I Got Kids. I need this.

Hedningen posted:

[*]Ironbloods: Basically Chaos Dwarfs - industrious, originally made by their gods to build and live, but discovered that said gods made for excellent building material for thaumaturgical weapons. Were driven underground, found demons, ended up enslaving the demons, built a vast underground slave empire that necessarily needed to keep expanding, kinda became demon-y thanks to extended exploitation of demon resources, and are now trying to grab slaves from Adelav now that anti-demon wards are failing.

Things I need to work on - avoiding cliches and dangerous cultural parallels, especially with the dwarf analogues: I know they get coded as Semitic frequently enough, so I really need to clearly differentiate them.

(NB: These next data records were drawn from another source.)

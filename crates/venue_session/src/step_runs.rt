//! A run of steps over the bytes that wait.

ghost use Rattle.std.specs.Prelude.{◌≡◌, ◌<◌, ◌≤◌, ℕ, List, drop, length, IsNone};
ghost use Rattle.venue_hall.specs.Facts.{Facts};
ghost use Rattle.venue_wire.specs.Messages.{At};
ghost use Rattle.venue_wire.specs.declared.messages.Message.{Message};
ghost use Rattle.venue_session.specs.Going.{Moment, moment, IsGoing, GoesOrEnded, WaitsOrEnded, GoesOrStops};
ghost use Rattle.venue_session.specs.Texts.{Stepped};

use crate::ends::End;
use crate::input::Input;
use crate::refused_heads::refuse;
use crate::steps::{Step, answer_message};
use crate::writer::write_all;
use std::alloc::Global;
use venue_hall::Hall;
use venue_ports::Stream;
use venue_wire::{Front, Message, Taken, message_length_law, take};

/// How a run of steps stops.
pub(crate) enum Stop {
    /// Less than a message waits, and no more does before so many bytes wait in all.
    Waiting(usize),
    /// The session has ended.
    Ended(End),
}

// Writes the text for a message, and tells how the session ends by it, if it does.
fn write_step<L: Stream>(connection: &mut L, step: &Step, close: bool) -> Option<End>
    ensures { (keys : List (List ℕ)) (first : Moment) (before after : Facts) (taken : ℕ) (waiting : List ℕ)
        → (message : Message) (size : ℕ)
        → IsGoing keys first (moment before (L.left connection.old) (L.written connection.old) (L.starts connection.old) (L.faults connection.old)) taken waiting
        → At keys waiting (Taken.Message message size close) → Stepped before message close step.now after
        → GoesOrEnded keys first (moment after (L.left connection.new) (L.written connection.new) (L.starts connection.new) (L.faults connection.new)) taken
        (drop size waiting) result }
{
    match step {
        Step::Untold => Some(End::OutOfMemory),
        Step::Replied(text) => match write_all(connection, text.as_slice()) {
            Ok(()) if close => Some(End::Done),
            Ok(()) => None,
            Err(_failed) => Some(End::LinkFault),
        },
    }
}

// Acts on a message at the front of what waits, and tells how the session ends by it, if it does.
fn answer_front<H: Hall, L: Stream>(
    alloc: Global,
    hall: &mut H,
    connection: &mut L,
    message: &Message,
    close: bool,
) -> Option<End>
    ensures { (keys : List (List ℕ)) (first : Moment) (taken : ℕ) (waiting : List ℕ) (size : ℕ)
        → IsGoing keys first (moment (H.facts hall.old) (L.left connection.old) (L.written connection.old) (L.starts connection.old) (L.faults connection.old)) taken waiting
        → At keys waiting (Taken.Message message.now size close)
        → GoesOrEnded keys first (moment (H.facts hall.new) (L.left connection.new) (L.written connection.new) (L.starts connection.new) (L.faults connection.new)) taken
        (drop size waiting) result }
{
    let step = answer_message(alloc, hall, message, close);
    write_step(connection, &step, close)
}

// Acts on a message of this size at the front of what waits, and passes it: tells how the run stops there, if it does.
fn pass_message<H: Hall, L: Stream>(
    alloc: Global,
    hall: &mut H,
    connection: &mut L,
    input: &mut Input,
    message: &Message,
    size: usize,
    close: bool,
) -> Option<Stop>
    requires { size ≤ length input.old }
    ensures stop { (keys : List (List ℕ)) (first : Moment) (taken : ℕ)
        → IsGoing keys first (moment (H.facts hall.old) (L.left connection.old) (L.written connection.old) (L.starts connection.old) (L.faults connection.old)) taken
        input.old
        → At keys input.old (Taken.Message message.now size close)
        → GoesOrStops keys first (moment (H.facts hall.new) (L.left connection.new) (L.written connection.new) (L.starts connection.new) (L.faults connection.new)) taken
        input.new result }
    ensures passed { IsNone result → input.new ≡ drop size input.old }
{
    match answer_front(alloc, hall, connection, message, close) {
        Some(end) => Some(Stop::Ended(end)),
        None => {
            input.pass(size);
            None
        }
    }
}

// Acts on what stands at the front of what waits: tells how the run stops there, if it does.
fn step<H: Hall, L: Stream>(
    alloc: Global,
    hall: &mut H,
    front: &Front,
    connection: &mut L,
    input: &mut Input,
) -> Option<Stop>
    ensures stop { (first : Moment) (taken : ℕ)
        → IsGoing front.now first (moment (H.facts hall.old) (L.left connection.old) (L.written connection.old) (L.starts connection.old) (L.faults connection.old)) taken
        input.old
        → GoesOrStops front.now first (moment (H.facts hall.new) (L.left connection.new) (L.written connection.new) (L.starts connection.new) (L.faults connection.new)) taken
        input.new result }
    ensures shorter { IsNone result → length input.new < length input.old }
{
    message_length_law();
    match take(alloc, front, input.waiting()) {
        Taken::More { least } => Some(Stop::Waiting(least)),
        Taken::Fault(refusal) => Some(Stop::Ended(refuse(connection, refusal))),
        Taken::Message {
            message,
            length,
            close,
        } => pass_message(alloc, hall, connection, input, &message, length, close),
    }
}

/// Acts on the messages that wait, one behind the other, and writes the text for each before the next.
pub(crate) fn run_steps<H: Hall, L: Stream>(
    alloc: Global,
    hall: &mut H,
    front: &Front,
    connection: &mut L,
    input: &mut Input,
) -> Stop
    ensures { (first : Moment) (taken : ℕ)
        → IsGoing front.now first (moment (H.facts hall.old) (L.left connection.old) (L.written connection.old) (L.starts connection.old) (L.faults connection.old)) taken
        input.old
        → WaitsOrEnded front.now first (moment (H.facts hall.new) (L.left connection.new) (L.written connection.new) (L.starts connection.new) (L.faults connection.new)) taken
        input.new result }
{
    'steps: loop {
        if let Some(stop) = step(alloc, hall, front, connection, input) {
            return stop;
        }
    }
}
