//! The headline, and which requests are not refused.

ghost use Rattle.std.specs.Prelude.{◌≡◌, ◌⊎◌, ℕ, ◌++◌, List, Option, Some};
ghost use mathlib.Core.List.{IsPrefix};
ghost use Rattle.venue_types.specs.declared.query.Change.{Change};
ghost use Rattle.venue_types.specs.declared.query.Change.TheVariants.{Closure as AskedClosure};
ghost use Rattle.venue_types.specs.declared.query.Closure.{Closure};
ghost use Rattle.venue_types.specs.declared.query.Query.{Query};
ghost use Rattle.venue_types.specs.declared.reply.Reply.{Reply};
ghost use Rattle.venue_hall.specs.Shelves.{Shelf};
ghost use Rattle.venue_hall.specs.Entry.{Entry};
ghost use Rattle.venue_hall.specs.Answers.{Answers, IsTooEarly};
ghost use Rattle.venue_hall.specs.Changes.{Changes, StandsSo};
ghost use Rattle.venue_hall.specs.Closed.{Version};
ghost use Rattle.venue_hall.specs.Histories.{Replays};
ghost use Rattle.venue_hall.specs.Replies.{kind_of, closure_done, out_of_memory};
ghost use Rattle.venue_hall.specs.Facts.{Facts};
ghost use Rattle.venue_wire.specs.declared.messages.Message.{Message};
ghost use Rattle.venue_session.specs.Ends.{Measured};
ghost use Rattle.venue_session.specs.Sessions.{IsSession};
ghost use Rattle.venue_session.specs.declared.ends.End.{End};
ghost use Rattle.venue_session.specs.Headline.{BrokenHeadline, Exchange, Headline, IsExchange, IsWhole};
ghost use Rattle.venue_session.specs.Complete.{CanBeMade, HasRoom, IsMadeKind, IsOfKind, IsReplyOf, IsThere};

use venue_hall::one_outcome;

/// The bytes that a session wrote answer its messages, one for one and in order, none left over, each at a legal history that begins
/// with the one before; a route costs what it says and no way costs less, and where it is said that there is none there is none. That
/// is said of sessions over a connection that tells its bytes: `whole` of those that ended by themselves, `broken` of those whose
/// connection failed or whose memory ran out, which end with a front of one text more at most.
pub fn headline_law()
    ensures whole { (keys : List (List ℕ)) (old new : Facts) (connection : Measured) (end : End) (came left before written : List ℕ)
        → IsSession keys old new connection end → IsWhole end
        → connection.left_before ≡ Some came → connection.left_after ≡ Some left → connection.written_before ≡ Some before → connection.written_after ≡ Some (before ++ written)
        → Headline keys old.files old.worker old.seen came left written }
    ensures broken { (keys : List (List ℕ)) (old new : Facts) (connection : Measured) (end : End) (came left before written : List ℕ)
        → IsSession keys old new connection end → ¬ IsWhole end
        → connection.left_before ≡ Some came → connection.left_after ≡ Some left → connection.written_before ≡ Some before → connection.written_after ≡ Some (before ++ written)
        → BrokenHeadline keys old.files old.worker old.seen came left written }
{}

/// A question at a version that isn't too early, in which what it names is there, gets what it asks for, or memory ran out. A change
/// that can be made, with room for one version more, is made or stands so already; or a folder couldn't be read, or memory ran out. A
/// closure that stands so already is told so without room, or memory ran out.
pub fn complete_law()
    ensures questions { (v : Version) (query : Query) (r : Reply) → (IsTooEarly v query.since → ⊥) → IsThere v query.what → Answers v query r
        → IsOfKind query.what (kind_of r) ⊎ (kind_of r ≡ out_of_memory) }
    ensures changes { (shelf : Shelf) (worker : ℕ) (asked : Change) (h k : List Entry) (v : Version) (r : Reply) → Replays h v → HasRoom v
        → CanBeMade (Some shelf) v asked → Changes (Some shelf) worker asked h r k → IsMadeKind asked (kind_of r) ⊎ (kind_of r ≡ out_of_memory) }
    ensures standing { (shelf : Option Shelf) (worker : ℕ) (closure : Closure) (h k : List Entry) (v : Version) (r : Reply) → Replays h v
        → StandsSo v closure → Changes shelf worker (AskedClosure closure) h r k → (kind_of r ≡ closure_done) ⊎ (kind_of r ≡ out_of_memory) }
{
    one_outcome();
}

/// The same of the exchanges of a session. A question, at the version to which the history leads that is seen then, gets what it asks
/// for. A change that can be made, with room, at each version to which a history leads that begins with what was seen before, is made
/// or stands so already; and a closure that stands so at each of them is told so. Or memory ran out.
pub fn exchange_law()
    ensures asked { (keys : List (List ℕ)) (shelf : Option Shelf) (worker : ℕ) (before : List Entry) (bytes : List ℕ) (x : Exchange) (query : Query) (v : Version)
        → IsExchange keys shelf worker before bytes x → x.message ≡ Message.Ask query → Replays x.seen v → (IsTooEarly v query.since → ⊥) → IsThere v query.what
        → IsReplyOf (IsOfKind query.what) x.answer }
    ensures changed { (keys : List (List ℕ)) (shelf : Shelf) (worker : ℕ) (before : List Entry) (bytes : List ℕ) (x : Exchange) (asked : Change)
        → IsExchange keys (Some shelf) worker before bytes x → x.message ≡ Message.Do asked
        → ((h : List Entry) (v : Version) → IsPrefix before h → Replays h v → HasRoom v × CanBeMade (Some shelf) v asked) → IsReplyOf (IsMadeKind asked) x.answer }
    ensures standing { (keys : List (List ℕ)) (shelf : Option Shelf) (worker : ℕ) (before : List Entry) (bytes : List ℕ) (x : Exchange) (closure : Closure)
        → IsExchange keys shelf worker before bytes x → x.message ≡ Message.Do (AskedClosure closure)
        → ((h : List Entry) (v : Version) → IsPrefix before h → Replays h v → StandsSo v closure) → IsReplyOf (λ kind. kind ≡ closure_done) x.answer }
{
    one_outcome();
}
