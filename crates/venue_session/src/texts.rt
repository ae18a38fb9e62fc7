//! The text of an answer.

ghost use Rattle.std.specs.Prelude.{◌≡◌};
ghost use Rattle.venue_session.specs.Texts.{bytes_of};

use venue_types::Bytes;

/// A text that was made for an answer, or one that is always there.
#[derive(Drop)]
pub(crate) enum Text {
    Made(Bytes),
    Fixed(&'static [u8]),
}

impl Text {
    /// Its bytes.
    pub(crate) fn as_slice(&self) -> &[u8]
        ensures { result.now ≡ bytes_of self.now }
    {
        match self {
            Text::Made(bytes) => bytes.as_slice(),
            Text::Fixed(bytes) => bytes,
        }
    }
}
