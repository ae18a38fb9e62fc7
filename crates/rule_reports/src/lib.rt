//! What it is to be the report of a predicate on places: these findings, each once, in this order, and no others.
//!
//! A phase of rules is a predicate `IsBroken : Finding → Type 0` of the layer above, and its promise is
//! `IsReport IsBroken findings`; phases chain by `First`. `add` gathers what tests find, each pass says with `Adds`
//! what it adds to what was gathered before it, and `in_order` makes the report of what was gathered. `proofs.Adding`
//! says what a test adds, one pass after another, and a loop over items.
#![tactic(auto)]

mod findings;
mod laws;
mod order;

pub use findings::add;
pub use laws::{
    Noting, Phase, one_list_of_notes, one_report, one_short_report, phase_after_phase,
    shared_notes, shared_report,
};
pub use order::{in_order, notes_in_order, shortened};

Any thoughts on my kinda lovely setting so far?

It's especially important the you avoid semitic implications with your version of dwarves given the parallel of Nazi propaganda to, well, semitic peoples.

It's interesting that you classify this as a sort of renaissance style setting, although the situation of it is very much in tune with the historical renaissance, with the church beginning to lose some of its power politically. Obviously the elves sort of stand in for the church, as they are, albeit in a much diminished capacity.

I guess a large question is, who are the nobles? I am not a historian, but my pop culture knowledge of the renaissance leads me to the conclusion that there is some form of nobility that would be interested in humanist philosophy, the artistic thrust of the time with its politicking and patronage. Also guilds, which neatly sidestep the species element entirely, if you're looking into that.

On a related note, Tolkien's portrayal of dwarves was obviously Semitic in nature, and carried through to a number of fantasy books, notably Terry Pratchett's, but where did the pop culture trope of dwarves being Scottish originate?